##### Data listing

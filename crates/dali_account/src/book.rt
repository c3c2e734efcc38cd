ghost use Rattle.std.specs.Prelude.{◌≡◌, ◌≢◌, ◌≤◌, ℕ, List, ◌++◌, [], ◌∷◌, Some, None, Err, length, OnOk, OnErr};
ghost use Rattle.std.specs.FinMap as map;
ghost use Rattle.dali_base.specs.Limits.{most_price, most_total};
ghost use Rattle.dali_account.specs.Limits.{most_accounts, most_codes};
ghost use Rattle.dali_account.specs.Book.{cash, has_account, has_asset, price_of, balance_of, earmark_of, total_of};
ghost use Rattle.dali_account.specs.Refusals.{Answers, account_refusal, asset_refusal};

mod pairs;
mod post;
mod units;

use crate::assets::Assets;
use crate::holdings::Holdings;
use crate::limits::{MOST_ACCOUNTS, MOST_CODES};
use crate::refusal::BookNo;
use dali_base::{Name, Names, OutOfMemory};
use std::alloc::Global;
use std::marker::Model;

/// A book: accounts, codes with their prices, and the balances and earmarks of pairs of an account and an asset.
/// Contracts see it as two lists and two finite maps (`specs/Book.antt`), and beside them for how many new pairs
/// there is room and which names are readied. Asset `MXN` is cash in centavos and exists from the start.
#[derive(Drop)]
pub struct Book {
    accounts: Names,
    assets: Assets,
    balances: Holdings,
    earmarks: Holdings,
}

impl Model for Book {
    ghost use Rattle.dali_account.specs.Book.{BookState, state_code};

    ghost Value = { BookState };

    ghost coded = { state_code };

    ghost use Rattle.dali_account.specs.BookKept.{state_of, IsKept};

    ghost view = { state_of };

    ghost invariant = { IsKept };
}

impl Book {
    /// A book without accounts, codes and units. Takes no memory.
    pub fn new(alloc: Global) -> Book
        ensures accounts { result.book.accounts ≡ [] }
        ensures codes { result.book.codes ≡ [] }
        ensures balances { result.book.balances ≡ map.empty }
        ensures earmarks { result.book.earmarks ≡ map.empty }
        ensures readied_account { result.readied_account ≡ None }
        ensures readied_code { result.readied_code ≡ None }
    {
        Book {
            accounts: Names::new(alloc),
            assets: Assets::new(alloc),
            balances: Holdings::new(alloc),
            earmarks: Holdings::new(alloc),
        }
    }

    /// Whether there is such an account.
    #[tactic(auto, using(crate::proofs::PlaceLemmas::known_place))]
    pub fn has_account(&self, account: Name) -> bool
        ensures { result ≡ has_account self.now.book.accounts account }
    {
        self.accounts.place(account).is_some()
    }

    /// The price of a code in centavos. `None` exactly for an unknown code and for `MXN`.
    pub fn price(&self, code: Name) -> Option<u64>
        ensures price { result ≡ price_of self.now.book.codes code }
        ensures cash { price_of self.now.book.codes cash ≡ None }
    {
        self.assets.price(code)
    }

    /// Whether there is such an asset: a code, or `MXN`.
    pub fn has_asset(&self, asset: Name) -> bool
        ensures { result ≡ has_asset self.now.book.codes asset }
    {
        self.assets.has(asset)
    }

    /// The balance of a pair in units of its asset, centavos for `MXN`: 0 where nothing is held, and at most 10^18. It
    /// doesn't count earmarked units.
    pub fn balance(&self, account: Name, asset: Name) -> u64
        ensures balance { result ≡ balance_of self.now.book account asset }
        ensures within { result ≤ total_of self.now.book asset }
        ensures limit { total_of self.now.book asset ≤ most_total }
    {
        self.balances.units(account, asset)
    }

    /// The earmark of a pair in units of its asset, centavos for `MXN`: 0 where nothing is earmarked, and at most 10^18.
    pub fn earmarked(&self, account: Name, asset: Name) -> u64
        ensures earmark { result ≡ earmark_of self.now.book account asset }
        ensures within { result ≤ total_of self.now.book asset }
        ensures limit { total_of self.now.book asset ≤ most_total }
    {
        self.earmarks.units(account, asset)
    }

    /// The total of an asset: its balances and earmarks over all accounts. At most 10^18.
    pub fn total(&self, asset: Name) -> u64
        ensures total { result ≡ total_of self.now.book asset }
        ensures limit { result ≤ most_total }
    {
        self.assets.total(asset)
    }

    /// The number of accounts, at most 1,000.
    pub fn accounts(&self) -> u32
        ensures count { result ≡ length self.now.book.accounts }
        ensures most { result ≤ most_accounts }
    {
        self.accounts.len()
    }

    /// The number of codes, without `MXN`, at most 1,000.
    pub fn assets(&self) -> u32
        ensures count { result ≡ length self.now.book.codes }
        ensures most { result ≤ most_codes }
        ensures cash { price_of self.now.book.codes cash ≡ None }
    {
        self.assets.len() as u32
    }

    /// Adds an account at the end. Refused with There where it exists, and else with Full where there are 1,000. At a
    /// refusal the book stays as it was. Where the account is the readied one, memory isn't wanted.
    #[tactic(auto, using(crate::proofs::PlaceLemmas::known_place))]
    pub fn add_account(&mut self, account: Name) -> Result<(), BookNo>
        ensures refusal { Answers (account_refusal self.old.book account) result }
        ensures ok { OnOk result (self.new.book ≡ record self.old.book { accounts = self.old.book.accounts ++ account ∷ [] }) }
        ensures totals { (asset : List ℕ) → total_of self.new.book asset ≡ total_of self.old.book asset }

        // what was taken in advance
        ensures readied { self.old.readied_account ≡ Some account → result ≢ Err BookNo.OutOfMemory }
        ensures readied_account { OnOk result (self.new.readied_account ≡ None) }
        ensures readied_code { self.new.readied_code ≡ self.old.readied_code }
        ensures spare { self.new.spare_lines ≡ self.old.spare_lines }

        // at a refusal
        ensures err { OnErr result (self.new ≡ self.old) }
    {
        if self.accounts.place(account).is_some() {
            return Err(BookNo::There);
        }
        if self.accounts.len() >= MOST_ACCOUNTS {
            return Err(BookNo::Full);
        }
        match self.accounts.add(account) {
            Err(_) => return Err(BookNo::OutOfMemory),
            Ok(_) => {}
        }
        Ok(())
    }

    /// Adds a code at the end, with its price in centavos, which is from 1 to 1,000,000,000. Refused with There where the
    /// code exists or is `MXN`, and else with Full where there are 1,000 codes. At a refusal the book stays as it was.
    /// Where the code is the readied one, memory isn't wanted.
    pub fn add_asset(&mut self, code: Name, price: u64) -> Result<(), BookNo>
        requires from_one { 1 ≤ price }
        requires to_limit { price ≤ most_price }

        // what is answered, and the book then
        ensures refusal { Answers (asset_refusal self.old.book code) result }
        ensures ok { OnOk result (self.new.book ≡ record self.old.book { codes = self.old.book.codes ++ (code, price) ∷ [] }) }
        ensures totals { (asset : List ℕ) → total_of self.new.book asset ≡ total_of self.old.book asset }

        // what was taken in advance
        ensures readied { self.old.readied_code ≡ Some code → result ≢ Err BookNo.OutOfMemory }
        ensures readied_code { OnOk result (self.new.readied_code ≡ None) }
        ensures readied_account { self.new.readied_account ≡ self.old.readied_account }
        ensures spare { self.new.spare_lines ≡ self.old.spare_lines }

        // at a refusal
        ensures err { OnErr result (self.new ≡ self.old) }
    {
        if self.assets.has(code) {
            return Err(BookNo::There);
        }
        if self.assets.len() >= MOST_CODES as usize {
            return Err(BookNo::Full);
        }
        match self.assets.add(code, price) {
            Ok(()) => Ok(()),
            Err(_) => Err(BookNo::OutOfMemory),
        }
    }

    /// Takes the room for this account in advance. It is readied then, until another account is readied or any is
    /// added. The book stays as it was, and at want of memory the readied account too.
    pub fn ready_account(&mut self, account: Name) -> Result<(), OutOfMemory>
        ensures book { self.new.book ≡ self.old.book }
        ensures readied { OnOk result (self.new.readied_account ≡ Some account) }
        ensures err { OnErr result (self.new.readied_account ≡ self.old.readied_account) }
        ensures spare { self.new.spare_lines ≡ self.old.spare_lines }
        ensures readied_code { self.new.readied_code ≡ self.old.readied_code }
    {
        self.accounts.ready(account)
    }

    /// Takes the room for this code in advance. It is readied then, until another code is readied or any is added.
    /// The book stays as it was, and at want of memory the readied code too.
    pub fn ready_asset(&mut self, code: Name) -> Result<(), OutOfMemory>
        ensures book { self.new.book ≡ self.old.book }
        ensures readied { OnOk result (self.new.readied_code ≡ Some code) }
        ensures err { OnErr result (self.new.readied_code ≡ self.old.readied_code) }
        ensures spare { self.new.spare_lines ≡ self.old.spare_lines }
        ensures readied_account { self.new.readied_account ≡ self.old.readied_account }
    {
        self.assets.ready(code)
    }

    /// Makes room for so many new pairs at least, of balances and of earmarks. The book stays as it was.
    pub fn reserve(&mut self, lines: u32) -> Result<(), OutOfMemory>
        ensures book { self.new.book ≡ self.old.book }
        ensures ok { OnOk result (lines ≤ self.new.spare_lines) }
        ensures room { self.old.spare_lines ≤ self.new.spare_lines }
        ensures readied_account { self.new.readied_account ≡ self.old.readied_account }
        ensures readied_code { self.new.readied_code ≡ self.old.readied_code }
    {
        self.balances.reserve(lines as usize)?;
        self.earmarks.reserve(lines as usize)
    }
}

##########
##### Data listing

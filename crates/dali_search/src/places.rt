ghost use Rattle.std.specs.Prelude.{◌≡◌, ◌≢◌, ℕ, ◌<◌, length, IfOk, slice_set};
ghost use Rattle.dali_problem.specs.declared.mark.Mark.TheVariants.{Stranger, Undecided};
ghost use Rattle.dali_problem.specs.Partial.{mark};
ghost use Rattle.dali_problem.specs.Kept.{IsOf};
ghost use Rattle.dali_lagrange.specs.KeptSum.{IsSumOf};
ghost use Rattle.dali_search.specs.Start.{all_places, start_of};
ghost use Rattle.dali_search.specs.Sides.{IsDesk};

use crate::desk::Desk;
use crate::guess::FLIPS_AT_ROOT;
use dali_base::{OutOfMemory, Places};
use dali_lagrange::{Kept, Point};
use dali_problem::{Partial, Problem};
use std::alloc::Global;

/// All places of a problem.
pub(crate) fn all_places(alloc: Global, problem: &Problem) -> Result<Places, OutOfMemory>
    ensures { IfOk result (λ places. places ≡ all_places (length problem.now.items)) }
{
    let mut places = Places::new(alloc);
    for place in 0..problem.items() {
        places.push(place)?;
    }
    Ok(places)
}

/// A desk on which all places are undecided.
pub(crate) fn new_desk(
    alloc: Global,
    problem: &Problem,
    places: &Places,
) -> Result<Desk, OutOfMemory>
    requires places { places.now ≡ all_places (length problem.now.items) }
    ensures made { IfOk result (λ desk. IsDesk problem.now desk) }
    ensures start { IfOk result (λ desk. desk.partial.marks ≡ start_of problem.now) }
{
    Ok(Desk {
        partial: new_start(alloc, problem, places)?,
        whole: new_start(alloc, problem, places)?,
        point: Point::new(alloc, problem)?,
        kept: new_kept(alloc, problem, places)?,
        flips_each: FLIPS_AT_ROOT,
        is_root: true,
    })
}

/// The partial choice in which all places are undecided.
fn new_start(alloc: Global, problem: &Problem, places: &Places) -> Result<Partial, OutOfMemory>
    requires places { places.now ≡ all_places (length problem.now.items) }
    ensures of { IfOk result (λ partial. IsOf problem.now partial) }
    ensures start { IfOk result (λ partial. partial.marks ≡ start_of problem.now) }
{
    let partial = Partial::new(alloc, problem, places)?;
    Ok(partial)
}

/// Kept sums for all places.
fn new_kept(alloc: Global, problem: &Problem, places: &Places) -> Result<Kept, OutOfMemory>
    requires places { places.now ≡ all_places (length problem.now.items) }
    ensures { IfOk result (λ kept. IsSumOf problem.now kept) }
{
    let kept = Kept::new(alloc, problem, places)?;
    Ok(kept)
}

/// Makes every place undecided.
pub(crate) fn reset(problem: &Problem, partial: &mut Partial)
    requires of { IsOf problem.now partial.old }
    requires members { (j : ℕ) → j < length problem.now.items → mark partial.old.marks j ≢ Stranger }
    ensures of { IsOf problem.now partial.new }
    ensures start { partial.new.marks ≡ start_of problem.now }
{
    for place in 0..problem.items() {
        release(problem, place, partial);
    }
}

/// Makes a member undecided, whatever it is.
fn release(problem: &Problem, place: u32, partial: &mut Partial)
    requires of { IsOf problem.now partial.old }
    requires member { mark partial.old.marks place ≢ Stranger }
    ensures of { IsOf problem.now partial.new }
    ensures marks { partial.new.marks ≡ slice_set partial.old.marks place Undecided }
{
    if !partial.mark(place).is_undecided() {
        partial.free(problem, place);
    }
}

##########
##### Data listing

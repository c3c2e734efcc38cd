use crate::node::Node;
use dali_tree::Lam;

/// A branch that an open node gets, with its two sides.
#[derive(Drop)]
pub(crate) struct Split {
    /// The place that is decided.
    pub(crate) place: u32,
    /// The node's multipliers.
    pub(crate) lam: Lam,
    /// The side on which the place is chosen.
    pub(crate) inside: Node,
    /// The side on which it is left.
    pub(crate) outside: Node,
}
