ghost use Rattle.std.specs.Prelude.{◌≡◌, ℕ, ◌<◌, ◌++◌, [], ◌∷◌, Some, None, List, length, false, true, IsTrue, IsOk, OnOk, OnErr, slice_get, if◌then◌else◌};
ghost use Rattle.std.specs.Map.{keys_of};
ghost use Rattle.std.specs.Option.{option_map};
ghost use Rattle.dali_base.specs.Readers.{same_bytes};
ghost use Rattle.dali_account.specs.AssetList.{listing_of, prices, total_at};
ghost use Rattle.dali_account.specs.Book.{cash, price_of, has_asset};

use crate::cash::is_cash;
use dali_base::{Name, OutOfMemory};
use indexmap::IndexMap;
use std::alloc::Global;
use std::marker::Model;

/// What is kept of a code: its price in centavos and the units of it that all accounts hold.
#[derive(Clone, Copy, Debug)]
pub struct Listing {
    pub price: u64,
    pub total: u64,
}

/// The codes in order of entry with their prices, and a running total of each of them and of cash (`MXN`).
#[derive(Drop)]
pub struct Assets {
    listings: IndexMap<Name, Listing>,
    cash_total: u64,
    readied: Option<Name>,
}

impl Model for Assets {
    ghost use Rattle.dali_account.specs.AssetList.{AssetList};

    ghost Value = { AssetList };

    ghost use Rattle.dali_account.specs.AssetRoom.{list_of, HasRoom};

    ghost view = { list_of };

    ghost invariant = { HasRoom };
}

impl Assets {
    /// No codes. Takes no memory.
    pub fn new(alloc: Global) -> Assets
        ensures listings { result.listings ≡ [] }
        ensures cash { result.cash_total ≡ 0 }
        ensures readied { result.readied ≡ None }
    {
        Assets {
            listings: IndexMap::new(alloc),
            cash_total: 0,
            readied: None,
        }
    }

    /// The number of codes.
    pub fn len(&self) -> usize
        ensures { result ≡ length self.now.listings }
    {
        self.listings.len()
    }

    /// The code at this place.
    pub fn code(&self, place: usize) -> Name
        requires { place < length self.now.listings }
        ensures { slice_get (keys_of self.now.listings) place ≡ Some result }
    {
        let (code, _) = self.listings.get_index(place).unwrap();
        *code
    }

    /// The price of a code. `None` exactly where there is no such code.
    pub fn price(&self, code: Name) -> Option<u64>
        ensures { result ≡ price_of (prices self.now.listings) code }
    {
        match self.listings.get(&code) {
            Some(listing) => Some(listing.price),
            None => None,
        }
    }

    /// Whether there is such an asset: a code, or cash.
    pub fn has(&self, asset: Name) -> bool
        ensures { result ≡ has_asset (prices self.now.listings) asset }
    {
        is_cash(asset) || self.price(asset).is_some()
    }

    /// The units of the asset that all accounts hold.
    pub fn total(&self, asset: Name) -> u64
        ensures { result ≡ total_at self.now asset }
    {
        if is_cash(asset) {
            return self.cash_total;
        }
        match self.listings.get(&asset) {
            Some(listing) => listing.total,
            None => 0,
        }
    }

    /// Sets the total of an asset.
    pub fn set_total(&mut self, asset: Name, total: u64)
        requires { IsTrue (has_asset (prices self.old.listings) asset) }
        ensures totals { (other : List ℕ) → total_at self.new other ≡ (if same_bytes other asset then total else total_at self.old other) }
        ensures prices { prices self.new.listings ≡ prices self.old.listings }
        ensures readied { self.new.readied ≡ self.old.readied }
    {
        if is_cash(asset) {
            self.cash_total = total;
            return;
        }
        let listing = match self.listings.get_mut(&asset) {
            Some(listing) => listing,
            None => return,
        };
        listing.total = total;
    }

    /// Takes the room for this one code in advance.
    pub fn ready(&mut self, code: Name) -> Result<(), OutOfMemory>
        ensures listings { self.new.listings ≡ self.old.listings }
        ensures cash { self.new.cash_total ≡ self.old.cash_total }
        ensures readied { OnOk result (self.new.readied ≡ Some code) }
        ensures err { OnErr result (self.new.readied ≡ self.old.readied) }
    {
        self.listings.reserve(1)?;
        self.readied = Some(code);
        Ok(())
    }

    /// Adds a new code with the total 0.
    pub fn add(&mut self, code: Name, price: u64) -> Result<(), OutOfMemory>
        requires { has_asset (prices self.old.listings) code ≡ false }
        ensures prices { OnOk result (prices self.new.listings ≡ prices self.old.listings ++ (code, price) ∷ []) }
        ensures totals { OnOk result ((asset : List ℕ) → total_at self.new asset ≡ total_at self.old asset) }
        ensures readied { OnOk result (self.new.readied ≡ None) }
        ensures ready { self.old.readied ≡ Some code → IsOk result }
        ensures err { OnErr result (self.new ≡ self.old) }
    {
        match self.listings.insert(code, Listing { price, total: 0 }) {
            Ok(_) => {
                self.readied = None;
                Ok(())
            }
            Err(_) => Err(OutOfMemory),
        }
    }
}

##########

## Task requirements
Set down only the lines above that fall between the line holding "filename crates/dali_account/src/book.rt" and the line holding "ghost use Rattle.std.specs.FinMap as map;", inclusive, keeping each exact.

## Answer box
filename crates/dali_account/src/book.rt
repository c3c2e734efcc38cd
ghost use Rattle.std.specs.Prelude.{◌≡◌, ◌≢◌, ◌≤◌, ℕ, List, ◌++◌, [], ◌∷◌, Some, None, Err, length, OnOk, OnErr};
ghost use Rattle.std.specs.FinMap as map;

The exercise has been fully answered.